The recurring themes you see when talking about successful content marketing is people, their skills and specifically teamwork.
With this in mind, we wanted to share how you’d make sure you recruited the right and best content marketers for your company or at least reduce the risk of making poor choices.
We also wanted to think about the Content Marketer being recruited, how would you ensure you’re prepared for an interview, what might you be asked and what might you want to know about the company you’re thinking about joining?
We’ve broken our advice into four parts:
- Knowledge and experience
- Personality fit
- Interview and test
- References
Content marketing knowledge and experience
We know what we want from our team but wanted to cast the net further out to see what was typical for a Content Marketer. To help we have taken a look at Job Descriptions and LinkedIn profiles at the skills that are required and declared. There are recurring themes in Content Marketing around:
Content strategy and planning: It’s an obvious a big part of the job whether acting as a project lead or team member. This means a comprehensive understanding of the content marketing channels is essential along with tools and data.

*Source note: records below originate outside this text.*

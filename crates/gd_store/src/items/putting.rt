ghost use Rattle.std.specs.Prelude.{◌≡◌, ◌⊎◌, ◌+◌, ◌<◌, ◌^◌, [], length, true, false, Some, None, IfOk, IfErr, OnOk, OnErr};
ghost use Rattle.gd_item.specs.Ids.{item_id};
ghost use Rattle.gd_item.specs.Inventory.{PutNew, PutOver, after, live_at};
ghost use Rattle.gd_item.specs.Nodes.{is_folder, path_of};
ghost use Rattle.gd_item.specs.Refusals.{is_there, settled_in, settled_path, is_too_long, is_made, is_met as is_condition_met, live_named, put_over_refusal, put_under_refusal, file_effect};
ghost use Rattle.gd_item.specs.Refused.{but_quota};
ghost use Rattle.gd_item.specs.Sound.{IsItemMap};
ghost use Rattle.gd_item.specs.Trees.{nodes_of};
ghost use Rattle.gd_store.specs.Stands.{put_result, record_after};

use super::{Items, is_bad_name, is_refused, made_by};
use crate::edit::{keep_version, overwrite_and_get, push_and_get};
use crate::look::{is_a_folder, is_known};
use gd_item::{Condition, Item, ItemId, LiveItem, StoreFault};
use gd_names::{Bytes, Conflict, NoMemory, Settle, Text};

impl Items {
    ghost use Rattle.gd_store.specs.Stands.{Answers};

    /// Whether the item of a folder that has the name meets a condition.
    fn meets_under(&self, parent: u64, name: &Text, condition: &Condition) -> Result<bool, NoMemory>
        ensures { IfOk result (λ met. met ≡ is_condition_met condition.now (live_named parent name.now self.now.items)) }
    {
        let item = self.index.named(parent, name);
        self.meets(condition, item)
    }

    /// Why a file is not put over the item of a number.
    fn over_refusal(
        &self,
        number: u64,
        bytes: &[u8],
        condition: &Condition,
        others: u64,
        is_met: bool,
        is_long: bool,
    ) -> Option<StoreFault>
        requires met { is_met ≡ is_condition_met condition.now (live_at number self.now.items) }
        requires long { is_long ≡ is_too_long (path_of (nodes_of self.now) number) }
        ensures { result ≡ put_over_refusal self.now number bytes.now condition.now others }
    {
        if !is_known(&self.index, number) {
            Some(StoreFault::NotFound)
        } else if is_a_folder(&self.index, number) {
            Some(StoreFault::NotFile)
        } else if !is_met {
            Some(StoreFault::Modified)
        } else if is_long {
            Some(StoreFault::PathTooLong)
        } else if self.is_full(0, bytes.len() as u64, others) {
            Some(StoreFault::Quota)
        } else {
            None
        }
    }

    /// Why a file is not put under a folder.
    fn under_refusal(
        &self,
        parent: u64,
        name: &Text,
        bytes: &[u8],
        behaviour: Conflict,
        condition: &Condition,
        others: u64,
        settle: &Settle,
        is_met: bool,
        is_long: bool,
    ) -> Option<StoreFault>
        requires settle { settle.now ≡ settled_in self.now parent name.now behaviour false }
        requires met { is_met ≡ is_condition_met condition.now (live_named parent name.now self.now.items) }
        requires long { is_long ≡ is_too_long (settled_path self.now parent settle.now) }
        ensures { result ≡ put_under_refusal self.now parent name.now bytes.now behaviour condition.now others }
    {
        if !is_known(&self.index, parent) {
            Some(StoreFault::NotFound)
        } else if !is_a_folder(&self.index, parent) {
            Some(StoreFault::NotFolder)
        } else if is_bad_name(name) {
            Some(StoreFault::BadName)
        } else if !is_met {
            Some(StoreFault::Modified)
        } else if is_refused(settle) {
            Some(StoreFault::NameTaken)
        } else if is_long {
            Some(StoreFault::PathTooLong)
        } else if self.is_full(made_by(settle), bytes.len() as u64, others) {
            Some(StoreFault::Quota)
        } else {
            None
        }
    }

    /// Tells whether a file may be put over the item of a number.
    fn allow_over(
        &self,
        number: u64,
        bytes: &[u8],
        condition: &Condition,
        others: u64,
    ) -> Result<(), StoreFault>
        ensures ok { OnOk result (put_over_refusal self.now number bytes.now condition.now others ≡ None) }
        ensures err { IfErr result (λ fault. (fault ≡ StoreFault.Memory) ⊎ (put_over_refusal self.now number bytes.now condition.now others ≡ Some fault)) }
    {
        let is_met = self.meets_at(number, condition)?;
        let is_long = self.is_long_at(number)?;
        match self.over_refusal(number, bytes, condition, others, is_met, is_long) {
            Some(fault) => Err(fault),
            None => Ok(()),
        }
    }

    /// How a file is settled that is put under a folder, or why it is not put.
    fn settle_under(
        &self,
        parent: u64,
        name: &Text,
        bytes: &[u8],
        behaviour: Conflict,
        condition: &Condition,
        others: u64,
    ) -> Result<Settle, StoreFault>
        ensures { Answers (put_under_refusal self.now parent name.now bytes.now behaviour condition.now others) result
            (λ settle. settle ≡ settled_in self.now parent name.now behaviour false) }
    {
        let settle = self.settle(parent, name, behaviour, false)?;
        let is_met = self.meets_under(parent, name, condition)?;
        let is_long = self.would_be_long(parent, &settle)?;
        match self.under_refusal(
            parent, name, bytes, behaviour, condition, others, &settle, is_met, is_long,
        ) {
            Some(fault) => Err(fault),
            None => Ok(settle),
        }
    }

    /// Tells whether a file might be put over the item of a number, whatever its bytes and the drive's limits are.
    pub fn may_put_over(&self, number: u64, condition: &Condition) -> Result<(), StoreFault>
        ensures { Answers (but_quota (put_over_refusal self.now number [] condition.now 0)) result (λ _. Unit {0}) }
    {
        match self.allow_over(number, &[], condition, 0) {
            Err(StoreFault::Quota) => Ok(()),
            tried => tried,
        }
    }

    /// Tells whether a file might be put under a folder, whatever its bytes and the drive's limits are.
    pub fn may_put_under(
        &self,
        parent: u64,
        name: &Text,
        behaviour: Conflict,
        condition: &Condition,
    ) -> Result<(), StoreFault>
        ensures { Answers (but_quota (put_under_refusal self.now parent name.now [] behaviour condition.now 0)) result (λ _. Unit {0}) }
    {
        match self.settle_under(parent, name, &[], behaviour, condition, 0) {
            Ok(_) => Ok(()),
            Err(StoreFault::Quota) => Ok(()),
            Err(fault) => Err(fault),
        }
    }

    /// Adds a file.
    fn add_file(&mut self, parent: u64, name: Text, bytes: Bytes) -> Result<ItemId, NoMemory>
        requires room { length self.old.items + 1 < 100000 }
        requires number { self.old.number + 1 < 2 ^ 64 }
        requires kept { self.old.kept + length bytes < 2 ^ 64 }
        requires map { IsItemMap (after self.old (PutNew parent name bytes)) }
        ensures ok { IfOk result (λ id. (id ≡ item_id self.old.next) × (self.new ≡ after self.old (PutNew parent name bytes))) }
        ensures err { OnErr result (self.new ≡ self.old) }
    {
        let length = bytes.as_slice().len() as u64;
        let item = LiveItem {
            number: self.last + 1,
            parent,
            name,
            bytes: Some(bytes),
            change: self.number + 1,
            content: self.number + 1,
        };
        self.index.push(item)?;
        self.number += 1;
        self.last += 1;
        self.kept += length;
        Ok(ItemId(self.last))
    }

    /// Gives a file new bytes.
    fn put_bytes(&mut self, number: u64, bytes: Bytes) -> Result<(), NoMemory>
        requires number { self.old.number + 1 < 2 ^ 64 }
        requires kept { self.old.kept + length bytes < 2 ^ 64 }
        requires map { IsItemMap (after self.old (PutOver number bytes)) }
        ensures ok { OnOk result (self.new ≡ after self.old (PutOver number bytes)) }
        ensures err { OnErr result (self.new ≡ self.old) }
    {
        let length = bytes.as_slice().len() as u64;
        self.replaced.reserve(1)?;
        let version = self.index.overwrite(number, self.number + 1, bytes)?;
        keep_version(&mut self.replaced, version);
        self.number += 1;
        self.kept += length;
        Ok(())
    }

    /// Puts a file over the item of a number, or says why not.
    pub fn put_over(
        &mut self,
        number: u64,
        bytes: &[u8],
        condition: &Condition,
        others: u64,
    ) -> Result<(ItemId, bool), StoreFault>
        ensures answer { Answers (put_over_refusal self.old number bytes.now condition.now others) result
            (λ put. (put ≡ (item_id number, false)) × (self.new ≡ after self.old (PutOver number bytes.now))) }
        ensures kept { OnErr result (self.new ≡ self.old) }
    {
        // What always holds of a store is used below.
        let _ = &self.index;
        self.allow_over(number, bytes, condition, others)?;
        let copy = Bytes::from_slice(self.alloc, bytes)?;
        self.put_bytes(number, copy)?;
        Ok((ItemId(number), false))
    }

    /// Puts a file under a folder, or says why not.
    pub fn put_under(
        &mut self,
        parent: u64,
        name: &Text,
        bytes: &[u8],
        behaviour: Conflict,
        condition: &Condition,
        others: u64,
    ) -> Result<(ItemId, bool), StoreFault>
        ensures answer { Answers (put_under_refusal self.old parent name.now bytes.now behaviour condition.now others) result
            (λ put. (put ≡ put_result self.old (file_effect parent name.now bytes.now (settled_in self.old parent name.now behaviour false)))
            × (self.new ≡ after self.old (file_effect parent name.now bytes.now (settled_in self.old parent name.now behaviour false)))) }
        ensures kept { OnErr result (self.new ≡ self.old) }
    {
        // What always holds of a store is used below.
        let _ = &self.index;
        let settle = self.settle_under(parent, name, bytes, behaviour, condition, others)?;
        let copy = Bytes::from_slice(self.alloc, bytes)?;
        match settle {
            Settle::Free(free) => {
                let id = self.add_file(parent, free, copy)?;
                Ok((id, true))
            }
            Settle::Over(number) => {
                self.put_bytes(number, copy)?;
                Ok((ItemId(number), false))
            }
            // Told above.
            Settle::Refuse => unreachable!(),
        }
    }

    /// Adds a file, and gives its record with the path of its folder.
    fn add_file_and_get(&mut self, parent: u64, name: Text, bytes: Bytes) -> Result<Item, NoMemory>
        requires room { length self.old.items + 1 < 100000 }
        requires number { self.old.number + 1 < 2 ^ 64 }
        requires kept { self.old.kept + length bytes < 2 ^ 64 }
        requires map { IsItemMap (after self.old (PutNew parent name bytes)) }
        ensures ok { IfOk result (λ made. (record_after self.old (PutNew parent name bytes) ≡ Some made) × (self.new ≡ after self.old (PutNew parent name bytes))) }
        ensures err { OnErr result (self.new ≡ self.old) }
    {
        let length = bytes.as_slice().len() as u64;
        let item = LiveItem {
            number: self.last + 1,
            parent,
            name,
            bytes: Some(bytes),
            change: self.number + 1,
            content: self.number + 1,
        };
        let made = push_and_get(self.alloc, &mut self.index, item)?;
        self.number += 1;
        self.last += 1;
        self.kept += length;
        Ok(made)
    }

    /// Gives a file new bytes, and gives its record with the path of its folder.
    fn put_bytes_and_get(&mut self, number: u64, bytes: Bytes) -> Result<Item, NoMemory>
        requires there { is_there number (nodes_of self.old) ≡ true }
        requires file { is_folder number (nodes_of self.old) ≡ false }
        requires number { self.old.number + 1 < 2 ^ 64 }
        requires kept { self.old.kept + length bytes < 2 ^ 64 }
        requires map { IsItemMap (after self.old (PutOver number bytes)) }
        ensures ok { IfOk result (λ made. (record_after self.old (PutOver number bytes) ≡ Some made) × (self.new ≡ after self.old (PutOver number bytes))) }
        ensures err { OnErr result (self.new ≡ self.old) }
    {
        let length = bytes.as_slice().len() as u64;
        let change = self.number + 1;
        self.replaced.reserve(1)?;
        let put = overwrite_and_get(self.alloc, &mut self.index, number, change, bytes)?;
        let (made, version) = put;
        keep_version(&mut self.replaced, version);
        self.number = change;
        self.kept += length;
        Ok(made)
    }

    /// Puts a file over the item of a number and gives its record, or says why not.
    pub fn put_over_and_get(
        &mut self,
        number: u64,
        bytes: &[u8],
        condition: &Condition,
        others: u64,
    ) -> Result<(Item, bool), StoreFault>
        ensures answer { Answers (put_over_refusal self.old number bytes.now condition.now others) result
            (λ put. ((record_after self.old (PutOver number bytes.now) ≡ Some put.0) × (put.1 ≡ false)) × (self.new ≡ after self.old (PutOver number bytes.now))) }
        ensures kept { OnErr result (self.new ≡ self.old) }
    {
        // What always holds of a store is used below.
        let _ = &self.index;
        self.allow_over(number, bytes, condition, others)?;
        let copy = Bytes::from_slice(self.alloc, bytes)?;
        let made = self.put_bytes_and_get(number, copy)?;
        Ok((made, false))
    }

    /// Puts a file under a folder and gives its record, or says why not.
    pub fn put_under_and_get(
        &mut self,
        parent: u64,
        name: &Text,
        bytes: &[u8],
        behaviour: Conflict,
        condition: &Condition,
        others: u64,
    ) -> Result<(Item, bool), StoreFault>
        ensures answer { Answers (put_under_refusal self.old parent name.now bytes.now behaviour condition.now others) result
            (λ put. ((record_after self.old (file_effect parent name.now bytes.now (settled_in self.old parent name.now behaviour false)) ≡ Some put.0)
            × (put.1 ≡ is_made (file_effect parent name.now bytes.now (settled_in self.old parent name.now behaviour false))))
            × (self.new ≡ after self.old (file_effect parent name.now bytes.now (settled_in self.old parent name.now behaviour false)))) }
        ensures kept { OnErr result (self.new ≡ self.old) }
    {
        // What always holds of a store is used below.
        let _ = &self.index;
        let settle = self.settle_under(parent, name, bytes, behaviour, condition, others)?;
        let copy = Bytes::from_slice(self.alloc, bytes)?;
        match settle {
            Settle::Free(free) => {
                let made = self.add_file_and_get(parent, free, copy)?;
                Ok((made, true))
            }
            Settle::Over(number) => {
                let made = self.put_bytes_and_get(number, copy)?;
                Ok((made, false))
            }
            // Told above.
            Settle::Refuse => unreachable!(),
        }
    }
}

SEO: Knowledge and experience of SEO concepts, tools and data are a core theme, which given the consumer demand for content that captures organic search demand and the ROI, it’s unsurprising. There are also a lot of SEO’s that have moved to become Content Marketers.
Social media: The channels, data and opportunity for earned and paid media is a significant part of the Content Marketing mix and social has a significant part to play in keeping a company’s brand and product ‘front-of-mind’.

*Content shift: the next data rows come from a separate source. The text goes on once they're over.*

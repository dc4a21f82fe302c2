ghost use Rattle.std.specs.Prelude.{◌≡◌, ◌++◌, [], List, map, take, IfOk, OnOk};
ghost use Rattle.std.specs.Map.{values_of};
ghost use Rattle.std.specs.Option.{option_copied, option_map};
ghost use Rattle.std.specs.declared.ops.Bound.{Bound};
ghost use Rattle.std.specs.BTreeMap.{IsOrdered};
ghost use Rattle.std.specs.BTreeMap.Range.{entries_between};
ghost use Rattle.std.specs.Ordering.{nat_cmp};
ghost use Rattle.gd_names.specs.Caseless.{lower_case};
ghost use Rattle.gd_item.specs.Records.{child_count};
ghost use Rattle.gd_item.specs.Children.{children_past};
ghost use Rattle.gd_item.specs.declared.live.LiveItem.{LiveItem};
ghost use Rattle.gd_index.specs.Dated.{changed_past};
ghost use Rattle.gd_index.specs.Indexed.{spot_cmp, at, item_and, items_at, children_start, while_in};

use super::Index;
use crate::counts::count_of;
use crate::row::Row;
use crate::spot::{Spot, make_spot};
use gd_item::LiveItem;
use gd_names::{NoMemory, Text};
use std::alloc::Global;
use std::collections::BTreeMap;
use std::ops::Bound;

impl Index {
    /// The first items past a change number, in order of change.
    pub fn changed_after(&self, position: u64, most: usize) -> Result<Vec<&LiveItem>, NoMemory>
        ensures { IfOk result (λ found. map (λ item. item.now) found.items ≡ take most (changed_past position self.now)) }
    {
        let numbers = numbers_after(self.alloc, &self.changes, position, most)?;
        let items = items_of(self.alloc, &self.rows, numbers.as_slice())?;
        Ok(items)
    }

    /// How many items stand in a folder.
    pub fn child_count(&self, parent: u64) -> u64
        ensures { result ≡ child_count parent self.now }
    {
        count_of(&self.counts, parent)
    }

    /// The first children of a folder whose names come after another one, in order of their names in lower case.
    pub fn children(
        &self,
        parent: u64,
        earlier: Option<&Text>,
        most: usize,
    ) -> Result<Vec<&LiveItem>, NoMemory>
        ensures { IfOk result (λ found. map (λ item. item.now) found.items ≡ take most (children_past parent (option_copied earlier.entry) self.now)) }
    {
        let start = start_of(self.alloc, parent, earlier)?;
        let numbers = numbers_from(self.alloc, &self.names, parent, start, most)?;
        let items = items_of(self.alloc, &self.rows, numbers.as_slice())?;
        Ok(items)
    }
}

/// The numbers past a change number, in order of change.
fn numbers_after(
    alloc: Global,
    changes: &BTreeMap<u64, u64>,
    position: u64,
    most: usize,
) -> Result<Vec<u64>, NoMemory>
    ensures numbers { IfOk result (λ numbers. numbers.items ≡ take most (values_of (entries_between nat_cmp (Bound.Excluded position) Bound.Unbounded changes.now.entries))) }
    ensures ordered { OnOk result (IsOrdered nat_cmp changes.now) }
{
    let range = changes.range((Bound::Excluded(position), Bound::Unbounded));
    let mut numbers = Vec::new(alloc);
    for (_, number) in range {
        if numbers.len() == most {
            return Ok(numbers);
        }
        numbers.push(*number)?;
    }
    Ok(numbers)
}

/// The numbers of a folder's children from a spot on, in order of their spots.
fn numbers_from(
    alloc: Global,
    names: &BTreeMap<Spot, u64>,
    parent: u64,
    start: Bound<Spot>,
    most: usize,
) -> Result<Vec<u64>, NoMemory>
    ensures numbers { IfOk result (λ numbers. numbers.items ≡ take most (values_of (while_in parent (entries_between spot_cmp start Bound.Unbounded names.now.entries)))) }
    ensures ordered { OnOk result (IsOrdered spot_cmp names.now) }
{
    let range = names.range((start, Bound::Unbounded));
    let mut numbers = Vec::new(alloc);
    for (spot, number) in range {
        if spot.0 != parent || numbers.len() == most {
            return Ok(numbers);
        }
        numbers.push(*number)?;
    }
    Ok(numbers)
}

/// The first spot of a folder.
fn first_spot(alloc: Global, parent: u64) -> Spot
    ensures { result ≡ (parent, []) }
{
    (parent, Text::from_string(String::new(alloc)))
}

/// Where the names of a folder begin that come after another one.
fn start_of(alloc: Global, parent: u64, earlier: Option<&Text>) -> Result<Bound<Spot>, NoMemory>
    ensures { IfOk result (λ start. start ≡ children_start parent (option_copied earlier.entry)) }
{
    match earlier {
        None => Ok(Bound::Included(first_spot(alloc, parent))),
        Some(name) => {
            let spot = make_spot(alloc, parent, name)?;
            Ok(Bound::Excluded(spot))
        }
    }
}

/// Puts the item of a number behind the others, if there is one.
fn push_item<'a>(
    found: &mut Vec<&'a LiveItem>,
    rows: &'a BTreeMap<u64, Row>,
    number: u64,
) -> Result<(), NoMemory>
    ensures { OnOk result (map (λ item. item.now) found.new.items ≡ map (λ item. item.now) found.old.items ++ item_and (at nat_cmp rows.now.entries number) []) }
{
    match rows.get(&number) {
        None => Ok(()),
        Some(row) => {
            found.push(&row.item)?;
            Ok(())
        }
    }
}

/// The items of these numbers, which all have one.
fn items_of<'a>(
    alloc: Global,
    rows: &'a BTreeMap<u64, Row>,
    numbers: &[u64],
) -> Result<Vec<&'a LiveItem>, NoMemory>
    ensures { IfOk result (λ found. map (λ item. item.now) found.items ≡ items_at rows.now.entries numbers.now) }
{
    let mut found = Vec::new(alloc);
    for number in numbers {
        push_item(&mut found, rows, *number)?;
    }
    Ok(found)
}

Copy/proofing: The written word is central to all content marketing campaigns, which means you’ve got to love all forms of copywriting and have an ability to manage the sign-off process from brief to sign-off, including proofing.
Visual design: Pictures, graphics, and video in addition to having a grasp of how good visual design works generally.
Brand design: The bigger the company the more guidelines there are that define and provide a framework in which content needs to be produced.
Research: Before great content, there’s often great research, where finding the audience, demand, traffic potential, hooks, detail and angles that can focus energy, spark and fuel ideation is as important as the final output. This for the content marketer often means being comfortable around data and software like Excel and Sheets.
Content briefing: Good brief writing takes skill and should not be considered a low-level skill.
Without the brief there is no content. The better the brief the more likely the creative will return content back that meets your objectives.
Outreach: Publish and they will come is obviously not often true and the ability to identify your most effective channels, media and people to engage with is part of the content marketing process and a skill that can be refined through time.
Measurement: For too many, this is an Achilles heel. Without it though you’re facing a world of professional misery. It’s essential to know what to measure, how to measure it and what the data means.
Internal communications: Content marketing is a multi-person / team enterprise, spanning the whole marketing organisation. Then, of course, there’s the small matter of communicating with and supporting other departments. Being able to communicate professionally and be a great team player is a given for a content marketer.
Platforms, tools and data: All the way through the plan, create, promote and measure cycle there are content marketing software platforms, tools and data. A content marketers familiarity, and depth of experience with marketing technology is an essential part of the job. Not only is it useful that they can use your technology, ideally they’d make you aware of opportunities to evolve or solve specific current challenges with software.
Internal reporting: How are we doing? Everyone wants to know and will expect to be informed in an appropriate and professional way.
That’s a diverse spread of capabilities. Have we missed anything? Knowing what you’re looking for if you’re recruiting and what your strengths and weaknesses are if you’re being recruited is a great start to building an amazing team.